In the case of menopause?  That theory I mentioned suggests that human evolution has actually selected for that sort of indirect benefit for my selfish genes, by building into my body a time of life in which I will still be healthy, but no longer involved with raising children of my own.

Human women do not enter menopause because we have “run out of eggs” or worn out our reproductive equipment.  Menopause, it turns out, is a time when my body uses hormonal signals essentially to dump the eggs I still have–to spend them all at once, burning through my remaining fertility in hot flash after hot flash, in order to transform me from a mother into a grandmother: a woman with the time and energy to assist my descendants in caring for their descendants–or at any rate, in assisting the members of my wider society to do so.

Grandmothers, it turns out, are special.  Those who have one in their infancy are far more likely to live long enough to grow up, and so to have descendants of their own. The presence of grandmothers–of experienced nurturers, those repositories of “old wives tales” and veterans of the challenges that meet generations of human beings on this planet–makes it much more likely that a genetic chain will continue unbroken.


I know this, because math.

Seriously, though it is obviously impossible for us to travel back in time and watch the rise of the evolution of grandmothers as it occurred, and this is a hard theory to test, the grandmother hypothesis can be modeled mathematically… and that is exactly what researcher Kristen Hawkes has done.

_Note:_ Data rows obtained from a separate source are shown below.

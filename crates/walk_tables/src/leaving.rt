//! Where an exit and a raise lead.
ghost use Rattle.std.specs.Prelude.{◌≡◌, ◌&&◌, not, ℕ, List, Some, length};
ghost use Rattle.cmm_tree.specs.View.{label_view};
ghost use Rattle.cmm_tree.specs.declared.expr.Handler as declared_handler;
ghost use Rattle.cmm_tree.specs.Rows.{handlers_of};
ghost use Rattle.walk_tables.specs.Walks.{Slotted, Task, handler_for, behind_exit, behind_raise};
ghost use Rattle.cmm_tree.specs.Tree.{same_label, is_bare};
ghost use Rattle.walk_tables.specs.Cells.{cells, item_at, tasks_at};
ghost use Rattle.walk_tables.specs.Sound.{AreItemsSound, IsItemHeld, HandlersAt, LeadsTo};
ghost use Rattle.walk_tables.specs.Leaving.{IsRow, HasRow, rest_in, own_handler, exit_tasks, raise_rest};

use crate::items::{Cells, Item};
use cmm_tree::{Handler, Label};

/// Whether an exit of this label finds the handler of the other one. A bare one is not visible in the
/// handlers.
fn finds(label: &Label, own: &Label, in_handler: bool) -> bool
    ensures { result ≡ (same_label (label_view label.now) (label_view own.now) && not (is_bare
        (label_view label.now) && in_handler)) }
{
    let same = label.same(own);
    let bare = label.is_bare();
    same && !(bare && in_handler)
}

/// Which of these handlers, which are in a row of cells from `first` on, an exit finds.
fn find_handler(
    label: &Label,
    in_handler: bool,
    handlers: &[Handler],
    first: usize,
) -> Option<usize>
    requires { IsRow first handlers.now }
    ensures { (count : ℕ) (tasks : ℕ →
        List Task) (s : List Slotted) (slot : ℕ) (all : List declared_handler.Handler)
        (behind : List Task) → HandlersAt count tasks first s slot all behind handlers.now →
        LeadsTo count tasks result (handler_for
        (label_view label.now) s slot in_handler (handlers_of all) behind
        (handlers_of handlers.now)) }
{
    match handlers {
        [] => None,
        [own, others @ ..] => {
            if finds(label, &own.label, in_handler) {
                return Some(first);
            }
            let next = first + 1;
            find_handler(label, in_handler, others, next)
        }
    }
}

/// The handler that the catch of this cell has for the label.
fn own_handler(label: &Label, item: Item<'_>) -> Option<usize>
    requires { HasRow item }
    ensures { (count : ℕ) (scopes : ℕ → List Slotted) (tasks : ℕ →
        List Task) → IsItemHeld count scopes tasks item.entry →
        LeadsTo count tasks result (own_handler (label_view label.now) scopes tasks item.entry) }
{
    match item {
        Item::Catches {
            in_handler,
            handlers,
            first,
            ..
        } => find_handler(label, in_handler, handlers, first),
        Item::Handler {
            handlers,
            first,
            ..
        } => find_handler(label, true, handlers, first),
        Item::Empty
        | Item::Named { .. }
        | Item::Does { .. }
        | Item::Evaluates { .. }
        | Item::Enters { .. }
        | Item::Either { .. }
        | Item::OneOf { .. }
        | Item::MayRaise { .. }
        | Item::Raises { .. }
        | Item::Exits { .. }
        | Item::Handles { .. } => None,
    }
}

/// The cell after the task of this one.
fn rest_of(item: Item<'_>) -> Option<usize>
    ensures { result ≡ rest_in item.entry }
{
    match item {
        Item::Empty => None,
        Item::Named { .. } => None,
        Item::Does { rest, .. } => Some(rest),
        Item::Evaluates { rest, .. } => Some(rest),
        Item::Enters { rest, .. } => Some(rest),
        Item::Either { rest, .. } => Some(rest),
        Item::OneOf { rest, .. } => Some(rest),
        Item::MayRaise { rest } => Some(rest),
        Item::Raises { rest } => Some(rest),
        Item::Exits { rest, .. } => Some(rest),
        Item::Catches { rest, .. } => Some(rest),
        Item::Handler { rest, .. } => Some(rest),
        Item::Handles { rest, .. } => Some(rest),
    }
}

impl<'a> Cells<'a> {
    /// The cell to which an exit leads from this one, if a handler of its label is visible.
    #[cycle(exit)]
    pub fn exit(&self, label: &Label, cell: usize) -> Option<usize>
        requires { AreItemsSound (cells self.now) }
        ensures { LeadsTo (length (cells self.now)) (tasks_at (cells self.now)) result
            (behind_exit (label_view label.now) (tasks_at (cells self.now) cell)) }
    {
        match self.get(cell) {
            None => None,
            Some(item) => self.exit_in(label, cell, item),
        }
    }

    #[cycle(exit)]
    fn exit_in(&self, label: &Label, cell: usize, item: Item<'a>) -> Option<usize>
        requires sound { AreItemsSound (cells self.now) }
        requires here { item_at (cells self.now) cell ≡ Some item }
        ensures { LeadsTo (length (cells self.now)) (tasks_at (cells self.now)) result
            (behind_exit (label_view label.now) (tasks_at (cells self.now) cell)) }
    {
        match own_handler(label, item) {
            Some(handler) => Some(handler),
            None => self.exit_behind(label, cell, item),
        }
    }

    #[cycle(exit)]
    fn exit_behind(&self, label: &Label, cell: usize, item: Item<'a>) -> Option<usize>
        requires sound { AreItemsSound (cells self.now) }
        requires here { item_at (cells self.now) cell ≡ Some item }
        ensures { LeadsTo (length (cells self.now)) (tasks_at (cells self.now)) result
            (exit_tasks (label_view label.now) (tasks_at (cells self.now)) (rest_in item.entry)) }
    {
        match rest_of(item) {
            None => None,
            Some(rest) => {
                if rest < cell {
                    return self.exit(label, rest);
                }
                None
            }
        }
    }

    /// The cell to which a raise leads from this one, if a try of the function is active.
    #[cycle(raise)]
    pub fn raise(&self, cell: usize) -> Option<usize>
        ensures { AreItemsSound (cells self.now) → LeadsTo (length (cells self.now)) (tasks_at
            (cells self.now)) result (behind_raise (tasks_at (cells self.now) cell)) }
    {
        match self.get(cell) {
            None => None,
            Some(item) => self.raise_in(cell, item),
        }
    }

    #[cycle(raise)]
    fn raise_in(&self, cell: usize, item: Item<'a>) -> Option<usize>
        ensures { AreItemsSound (cells self.now) → item_at (cells self.now) cell ≡ Some item.entry →
            LeadsTo (length (cells self.now)) (tasks_at (cells self.now)) result
            (behind_raise (tasks_at (cells self.now) cell)) }
    {
        match item {
            Item::Handles { entry, .. } => Some(entry),
            Item::Empty
            | Item::Named { .. }
            | Item::Does { .. }
            | Item::Evaluates { .. }
            | Item::Enters { .. }
            | Item::Either { .. }
            | Item::OneOf { .. }
            | Item::MayRaise { .. }
            | Item::Raises { .. }
            | Item::Exits { .. }
            | Item::Catches { .. }
            | Item::Handler { .. } => self.raise_behind(cell, item),
        }
    }

    #[cycle(raise)]
    fn raise_behind(&self, cell: usize, item: Item<'a>) -> Option<usize>
        ensures { AreItemsSound (cells self.now) → item_at (cells self.now) cell ≡ Some item.entry →
            LeadsTo (length (cells self.now)) (tasks_at (cells self.now)) result
            (raise_rest (tasks_at (cells self.now)) (rest_in item.entry)) }
    {
        match rest_of(item) {
            None => None,
            Some(rest) => {
                if rest < cell {
                    return self.raise(rest);
                }
                None
            }
        }
    }
}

Years ago, Hawkes and her partner James O’Connell studied a group of hunter-gatherers.  They noticed that grandmothers spent a lot of their time gathering food for their grandchildren, and it got them to wondering.

What does it do for their own DNA, looking out for their grandchildren?  What does it mean for how many years women stay fertile, or live after their fertility ends?

It turns out that the more years grandmothers live as grandmothers–as crones–the more of the children human mothers give birth to survive to grow up and have children themselves.  In fact, mathematical models show the genes of grandmothers who have longer lives wind up outcompeting other genes enough to double the human lifespan in a pretty short time. (Evolutionarily speaking, at least.)

Grandmothering, in effect, doubled our life expectancy.  Crones are the reason anyone gets to live to be old.

Suriya Donavanik. 2010.
Suriya Donavanik. 2010.

As a Pagan woman, I’ve been taught that all stages of life are sacred.  Also as a Pagan, I’ve come value the spiritual good of honoring the Land, the Gods… and the People, both my living tribe and my ancestors.

As a modern woman who loves science and finds it a source of delight in its own right, I admit, I am love the way the science and my spiritual values line up on this one.

Here’s to the power of grandmothers, and here’s to the power of the Crone.  May we all grow in wisdom over the course of long, long and productive lives… even if it means more night sweats and hormone surges for me, personally.

(Now would someone please open a window?  It’s awfully stuffy in here.)